YOUR TASK:
Check each line of the material below for "with", then copy the ones that contain it.

DATA FOR THIS TASK:

//! What a table tells of each type and function, types by their shapes, and long chains of types. Which programs are refused
//! is in the page of the program `examples`.

ghost use Rattle.std.specs.Prelude.{◌<◌, length};

use sierra_text::read;
use sierra_types::Name;
use std::alloc::{AllocError, Global};
use std::test::Fail;
use type_table::*;
use type_trees::Num;

/// A type of each kind, and two functions.
const EACH_KIND: &str =
    "type felt64 = felt64; type u8 = u8; type R = RangeCheck; type G = GasBuiltin; type N = NonZero<u8>;
type B = Box<u8>; type A = Array<u8>; type S = Snapshot<A>; type T = Struct<ut@T, u8, A>;
type Unit = Struct<ut@Unit>; type E = Enum<ut@E, A, u8>; type D = Felt64Dict<u8>;
type Entry = Felt64DictEntry<u8>; type Q = SquashedFelt64Dict<u8>; type U = Uninitialized<D>;
type Held = Struct<ut@Held, D, u8>; type Access = Struct<ut@Tuple, felt64, u8, u8>; type Arrays = Array<A>;
type C = Box<A>;
f@0([0]: R, [1]: u8) -> (R, A); g@0() -> ();";

/// The table of a type of each kind.
fn kinds(alloc: Global) -> Result<Types, Fail> {
    Ok(table(alloc, &read(alloc, EACH_KIND.as_bytes())?)?)
}

/// The positions of types, each behind a blank.
fn positions(alloc: Global, types: &[TypeId]) -> Result<String, AllocError> {
    let mut text = String::new(alloc);
    for t in types {
        let position = t.0;
        text.push_str(&format!(in alloc; " {position}")?)?;
    }
    Ok(text)
}

/// A letter for each of storable, drop, dup, zero_sized, holds_dict and plain.
fn letters(alloc: Global, info: TypeInfo, plain: bool) -> Result<String, AllocError> {
    let flags = [
        (info.storable, "s"),
        (info.drop, "d"),
        (info.dup, "u"),
        (info.zero_sized, "z"),
        (info.holds_dict, "h"),
        (plain, "p"),
    ];
    let mut text = String::new(alloc);
    for (holds, letter) in flags {
        if holds {
            text.push_str(letter)?;
        }
    }
    Ok(text)
}

/// The text of a name.
fn shown(name: &Name) -> &str {
    std::str::from_utf8(name.bytes()).unwrap_or("?")
}

/// What is told of a type: its position, its generic name, its user's name, its type arguments, its size and its letters.
fn told(alloc: Global, types: &Types, t: TypeId) -> Result<String, AllocError>
    requires { t.0 < length types.now.rows }
{
    let info = types.info(t);
    let generic = shown(types.generic(t));
    let user = types.user(t).map_or("", shown);
    let members = positions(alloc, types.members(t))?;
    let size = info.size;
    let letters = letters(alloc, info, types.is_plain(t))?;
    let position = t.0;
    format!(in alloc; "{position} {generic} {user}{members}: {size} {letters}")
}

/// What is told of the type with this id, if one is declared.
fn told_of(alloc: Global, types: &Types, id: &str) -> Result<String, AllocError> {
    match types.number(&Name::new(alloc, id.as_bytes())?) {
        Some(t) if t.0 < types.len() => told(alloc, types, t),
        _ => Ok(String::new(alloc)),
    }
}

/// What is told of each type, and of one that isn't declared.
const TOLD: &str = "felt64 = 0 felt64 : 1 sdup
u8 = 1 u8 : 1 sdup
R = 2 RangeCheck : 1 s
G = 3 GasBuiltin : 1 s
N = 4 NonZero  1: 1 sdu
B = 5 Box  1: 1 sdu
A = 6 Array  1: 2 sdp
S = 7 Snapshot  6: 2 sdu
T = 8 Struct T 1 6: 3 sdp
Unit = 9 Struct Unit: 0 sduzp
E = 10 Enum E 6 1: 3 sdp
D = 11 Felt64Dict  1: 2 sh
Entry = 12 Felt64DictEntry  1: 2 sh
Q = 13 SquashedFelt64Dict  1: 2 sd
U = 14 Uninitialized  11: 2 dh
Held = 15 Struct Held 11 1: 3 sh
Access = 16 Struct Tuple 0 1 1: 3 sdup
Arrays = 17 Array  6: 2 sd
C = 18 Box  6: 1 sd
X =";

#[test]
fn told_of_types(rt: HostRuntime) -> Result<(), Fail> {
    let types = kinds(rt.alloc())?;
    for line in TOLD.lines() {
        let (id, expected) = line.split_once('=').ok_or("no `=`")?;
        let text = told_of(rt.alloc(), &types, id.trim())?;
        assert_eq!(rt; text.as_str(), expected.trim(), "{line}");
    }
    assert!(rt; types.len() == 19);
    assert_eq!(rt; types.kind(TypeId(13)), TypeKind::SquashedDict(Num::U8));
    Ok(())
}

/// What is told of the function with this id, if one is declared: its position, its parameters and its results.
fn told_of_function(alloc: Global, types: &Types, id: &str) -> Result<String, AllocError> {
    match types.function(&Name::new(alloc, id.as_bytes())?) {
        Some(f) if f < types.function_count() => {
            let params = positions(alloc, types.params(f))?;
            let results = positions(alloc, types.results(f))?;
            format!(in alloc; "{f}:{params} ->{results}")
        }
        _ => Ok(String::new(alloc)),
    }
}

#[test]
fn told_of_functions(rt: HostRuntime) -> Result<(), Fail> {
    let types = kinds(rt.alloc())?;
    for line in "f = 0: 2 1 -> 2 6\ng = 1: ->\nu8 =".lines() {
        let (id, expected) = line.split_once('=').ok_or("no `=`")?;
        let text = told_of_function(rt.alloc(), &types, id.trim())?;
        assert_eq!(rt; text.as_str(), expected.trim(), "{line}");
    }
    Ok(())
}

/// The type of numbers of this name.
fn num(word: &str) -> Num {
    match word {
        "u8" => Num::U8,
        "u16" => Num::U16,
        "u32" => Num::U32,
        _ => Num::Felt64,
    }
}

/// A shape by its name and its part: the name of a number, or a type's position.
fn shape(text: &str) -> Option<Shape> {
    let (name, part) = text.split_once(' ').unwrap_or((text, ""));
    let t = TypeId(part.parse::<usize>().unwrap_or(0));
    match name {
        "Number" => Some(Shape::Number(num(part))),
        "NonZero" => Some(Shape::NonZero(num(part))),
        "RangeCheck" => Some(Shape::RangeCheck),
        "GasBuiltin" => Some(Shape::GasBuiltin),
        "Box" => Some(Shape::Box(t)),
        "Array" => Some(Shape::Array(t)),
        "Snapshot" => Some(Shape::Snapshot(t)),
        "Uninitialized" => Some(Shape::Uninitialized(t)),
        "Dict" => Some(Shape::Dict(num(part))),
        "DictEntry" => Some(Shape::DictEntry(num(part))),
        "SquashedDict" => Some(Shape::SquashedDict(num(part))),
        "Access" => Some(Shape::Access(num(part))),
        _ => None,
    }
}

/// Shapes, each with the position of the type that has it.
const SHAPES: &str = "Number felt64 = 0
Number u8 = 1
Number u16 =
RangeCheck = 2
GasBuiltin = 3
NonZero u8 = 4
NonZero felt64 =
Box 1 = 5
Box 0 =
Box 6 = 18
Array 1 = 6
Array 6 = 17
Array 99 =
Snapshot 6 = 7
Snapshot 1 =
Dict u8 = 11
Dict u32 =
DictEntry u8 = 12
SquashedDict u8 = 13
SquashedDict u32 =
Uninitialized 11 = 14
Uninitialized 1 =
Access u8 = 16
Access felt64 =";

#[test]
fn found_by_shape(rt: HostRuntime) -> Result<(), Fail> {
    let types = kinds(rt.alloc())?;
    for line in SHAPES.lines() {
        let (text, expected) = line.split_once('=').ok_or("no `=`")?;
        let shape = shape(text.trim()).ok_or("no shape")?;
        let place = expected.trim().parse::<usize>().ok().map(TypeId);
        assert_eq!(rt; types.find(shape), place, "{line}");
    }
    Ok(())
}

#[test]
fn positions_of_libfuncs(rt: HostRuntime) -> Result<(), Fail> {
    let text = b"libfunc l = jump; libfunc m = jump; libfunc l = jump; libfunc n = jump;";
    let program = read(rt.alloc(), text)?;
    let positions = libfunc_positions(rt.alloc(), program.libfuncs.items())?;
    assert_eq!(rt; positions.find(b"l"), Some(0));
    assert_eq!(rt; positions.find(b"n"), Some(3));
    assert_eq!(rt; positions.find(b"x"), None);
    Ok(())
}

/// Boxes `t1` to `t65535`, each of the type with the number before it, and behind them a declaration.
fn boxes(alloc: Global, last: &str) -> Result<String, AllocError> {
    let mut text = String::new(alloc);
    for i in 0..65_535_u64 {
        let next = i.wrapping_add(1);
        let declaration = format!(in alloc; "type t{next} = Box<t{i}>;")?;
        text.push_str(&declaration)?;
    }
    text.push_str(last)?;
    Ok(text)
}

/// The type that is too deep or reaches itself.
fn named(fault: &TypeFault) -> Option<&Name> {
    match fault {
        TypeFault::SizeAbove(name) => Some(name),
        TypeFault::TypeCycle(name) => Some(name),
        _ => None,
    }
}

#[test]
fn chains(rt: HostRuntime) -> Result<(), Fail> {
    let alloc = rt.alloc();
    for (last, expected) in [("type t0 = u8;", "t256"), ("type t0 = Box<t65535>;", "t1")] {
        let text = boxes(alloc, last)?;
        let program = read(alloc, text.as_bytes())?;
        let fault = table(alloc, &program).err().ok_or("no refusal")?;
        let name = named(&fault).ok_or("another refusal")?;
        assert_eq!(rt; shown(name), expected, "{last}");
    }
    Ok(())
}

ANSWER TO THIS TASK:
/// What is told of the type with this id, if one is declared.
/// What is told of the function with this id, if one is declared: its position, its parameters and its results.
/// Shapes, each with the position of the type that has it.
/// Boxes `t1` to `t65535`, each of the type with the number before it, and behind them a declaration.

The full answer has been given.